This post is older than a year. Consider some information might not be accurate anymore.
Used: git version 2.25.1
My scenario is that I have different users on GitLab.
For example:
- Private user
- Company user, with different groups
- User x from Customer y
Each user has its own ssh key.
The Problem
The .ssh/config
would only allow one identity/account to work.
Host localhost
NoHostAuthenticationForLocalhost yes
Host git-codecommit.*.amazonaws.com
User le-mapper
IdentityFile ~/.ssh/id_rsa.pub
# GitLab.com
Host gitlab.com
Preferredauthentications publickey
User le-mapper
IdentityFile ~/.ssh/id_rsa.pub
The git operation will fail for all other users with different identity files. For instance a repository for my company user, fetching with my identity file for my private user complains:
$ git fetch
remote:
remote: ========================================================================
remote:
remote: The project you were looking for could not be found or you don't have permission to view it.
remote:
remote: ========================================================================
remote:
fatal: Could not read from remote repository.
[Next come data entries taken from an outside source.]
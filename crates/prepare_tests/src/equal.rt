//! When bodies that were prepared are equal.

use crate::sections::{FIRST, THREE, section_of};
use bytes::Bytes;
use otlp_prepare::{
    NotedSpan, Prepared, RecentTexts, SpanOrigin, equal_bodies_are_the_same, prepare, prepare_next,
};
use std::alloc::Global;
use std::mem::size_of;
use std::process::Abort;
use std::sync::ArcSlice;
use std::thread::Threads;
use tail_settings::Section;
use text_slice::TextSlice;

/// One span of a resource without attributes.
const ONE: &str = "0a220a00121e121c0a100000000000000000000000000000000112080000000000000001";

/// The same, whose schemas have empty URLs, with a scope spans without spans and a resource spans without any.
const SAME: &str = "\
0a280a001a0012001220121c0a1000000000000000000000000000000001120800000000000000011a000a00";

/// Others, one by one: no resource, another resource, a scope, a schema, a span id, a trace id, a span more, and one
/// that isn't valid beside it.
const OTHERS: &str = "\
0a20121e121c0a100000000000000000000000000000000112080000000000000001\n\
0a270a050a030a0161121e121c0a100000000000000000000000000000000112080000000000000001\n\
0a240a0012200a00121c0a100000000000000000000000000000000112080000000000000001\n\
0a250a001a0175121e121c0a100000000000000000000000000000000112080000000000000001\n\
0a220a00121e121c0a100000000000000000000000000000000112080000000000000002\n\
0a220a00121e121c0a100000000000000000000000000000000212080000000000000001\n\
0a400a00123c121c0a100000000000000000000000000000000112080000000000000001\
121c0a100000000000000000000000000000000112080000000000000001\n\
0a240a001220121c0a1000000000000000000000000000000001120800000000000000011200";

/// The body that these digits spell, prepared for a tenant.
fn ready<R: Threads + Abort + Sync>(
    rt: &R,
    alloc: Global,
    tenant: u32,
    section: &Section,
    digits: &str,
) -> Prepared {
    let body = hex::decode(alloc, digits).expect(rt, "hexadecimal digits");
    let body = Bytes::from_vec(body).expect(rt, "memory");
    prepare(rt, alloc, tenant, section, body, 1).expect(rt, "a good body")
}

/// Whether a body is equal to `ONE` for the same tenant.
fn is_as_one<R: Threads + Abort + Sync>(
    rt: &R,
    alloc: Global,
    section: &Section,
    digits: &str,
) -> bool {
    let one = ready(rt, alloc, 1, section, ONE);
    let other = ready(rt, alloc, 1, section, digits);
    one == other && other == one
}

/// Each of these is another body than `ONE`.
fn assert_others<R: Threads + Abort + Sync>(rt: &R, alloc: Global, section: &Section) {
    assert_eq!(rt; OTHERS.lines().count(), 8);
    for line in OTHERS.lines() {
        assert!(rt; !is_as_one(rt, alloc, section, line), "{line}");
    }
}

#[test]
fn bodies_are_equal_by_their_value(rt: HostRuntime) {
    let section = section_of(&rt, rt.alloc(), THREE);
    assert!(rt; is_as_one(&rt, rt.alloc(), &section, ONE));
    assert!(rt; is_as_one(&rt, rt.alloc(), &section, SAME));
    assert_others(&rt, rt.alloc(), &section);
}

/// Whether a body is prepared behind others as it is alone.
fn is_as_alone<R: Threads + Abort + Sync>(
    rt: &R,
    alloc: Global,
    recent: &mut RecentTexts,
    tenant: u32,
    section: &Section,
    digits: &str,
) -> bool {
    let body = hex::decode(alloc, digits).expect(rt, "hexadecimal digits");
    let body = TextSlice::from_vec(alloc, body).expect(rt, "memory");
    let next = prepare_next(rt, alloc, recent, tenant, section, body, 1).expect(rt, "a good body");
    next == ready(rt, alloc, tenant, section, digits)
}

/// Each body is prepared as alone, behind others, and again for another tenant.
fn assert_as_alone<R: Threads + Abort + Sync>(rt: &R, alloc: Global, section: &Section) {
    let mut recent = RecentTexts::new();
    for line in OTHERS.lines() {
        assert!(rt;
            is_as_alone(rt, alloc, &mut recent, 1, section, line),
            "{line}"
        );
        assert!(rt;
            is_as_alone(rt, alloc, &mut recent, 2, section, line),
            "{line}"
        );
    }
}

#[test]
fn bodies_are_prepared_one_after_another_as_alone(rt: HostRuntime) {
    let section = section_of(&rt, rt.alloc(), THREE);
    assert_as_alone(&rt, rt.alloc(), &section);
}

/// Whether a body is told from the same one for another tenant and for fewer policies, of which it has the first.
fn differs_by_tenant_and_policies<R: Threads + Abort + Sync>(
    rt: &R,
    alloc: Global,
    three: &Section,
    first: &Section,
) -> bool {
    let one = ready(rt, alloc, 1, three, ONE);
    let second = ready(rt, alloc, 2, three, ONE);
    let other = ready(rt, alloc, 1, first, ONE);
    equal_bodies_are_the_same(&one, &other);
    one != second
        && second.tenant() == 2
        && one != other
        && one.has_policies(three.tail_sampling.policies.as_slice())
        && !one.has_policies(first.tail_sampling.policies.as_slice())
        && !other.has_policies(three.tail_sampling.policies.as_slice())
}

#[test]
fn bodies_of_other_tenants_and_policies_differ(rt: HostRuntime) {
    let three = section_of(&rt, rt.alloc(), THREE);
    let first = section_of(&rt, rt.alloc(), FIRST);
    assert!(rt; differs_by_tenant_and_policies(&rt, rt.alloc(), &three, &first));
}

/// A body that was prepared where its section was let go.
fn ready_alone<R: Threads + Abort + Sync>(rt: &R, alloc: Global) -> Prepared {
    let section = section_of(rt, alloc, THREE);
    ready(rt, alloc, 1, &section, ONE)
}

#[test]
fn a_body_outlives_its_section(rt: HostRuntime) {
    let alone = ready_alone(&rt, rt.alloc());
    let section = section_of(&rt, rt.alloc(), THREE);
    let one = ready(&rt, rt.alloc(), 1, &section, ONE);
    assert!(rt; alone == one);
}

/// So many hold the section's policies.
fn assert_held_by(rt: &impl Abort, section: &Section, count: usize) {
    assert_eq!(rt;
        ArcSlice::strong_count(&section.tail_sampling.policies),
        count
    );
}

#[test]
fn policies_are_shared_and_not_copied(rt: HostRuntime) {
    let section = section_of(&rt, rt.alloc(), THREE);
    assert_held_by(&rt, &section, 1);
    let one = ready(&rt, rt.alloc(), 1, &section, ONE);
    let second = ready(&rt, rt.alloc(), 2, &section, ONE);
    assert_held_by(&rt, &section, 3);
    drop(one);
    drop(second);
    assert_held_by(&rt, &section, 1);
}

#[test]
fn a_span_that_is_ready_has_64_bytes_and_an_origin_40(rt: HostRuntime) {
    assert!(rt; size_of::<NotedSpan>() == 64);
    assert!(rt; size_of::<SpanOrigin>() == 40);
}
To examine the ssh communication with gitlab.com:
ssh -Tvvv git@gitlab.com
The Solution
Reading through the GitLab docs, it is possible to use multiple accounts for GitLab.
The trick is to use aliases for hosts in the ~.ssh/config
file. For the Host, use an alias like user_1.gitlab.com
and user_2.gitlab.com
. You could also use the company name as an alias mycompany.gitlab.com
.
# GitLab.com
Host <user_1.gitlab.com>
Hostname gitlab.com
Preferredauthentications publickey
User le-mapper # private user
IdentityFile ~/.ssh/id_rsa.pub
Host <user_2.gitlab.com>
Hostname gitlab.com
Preferredauthentications publickey
User another-mapper # company user
IdentityFile ~/.ssh/id_ed25519.pub
Now the aliases points to different identity files.
In the local repository we have to switch the remote url to the alias.
For instance
git remote set-url origin "git@<user_2.gitlab.com>:lemapper/demo.git"
Demo: Check my local repository
tan@omega:~/development/projects/mapperking$ git remote -v
aws ssh://git-codecommit.us-east-1.amazonaws.com/v1/repos/mapperking (fetch)
aws ssh://git-codecommit.us-east-1.amazonaws.com/v1/repos/mapperking (push)
origin git@gitlab.com:cinhtau-website/mapperking.git (fetch)
origin git@gitlab.com:cinhtau-website/mapperking.git (push)
Now to switch it:
$ git remote set-url origin "git@<user_1.gitlab.com>:cinhtau-website/mapperking.git"
Summary
So in short:
- Use semantic alias names
- The alias is resolved to a configured user with identity file
This solved my git integration problems in my IDEs like IntelliJ and Atom.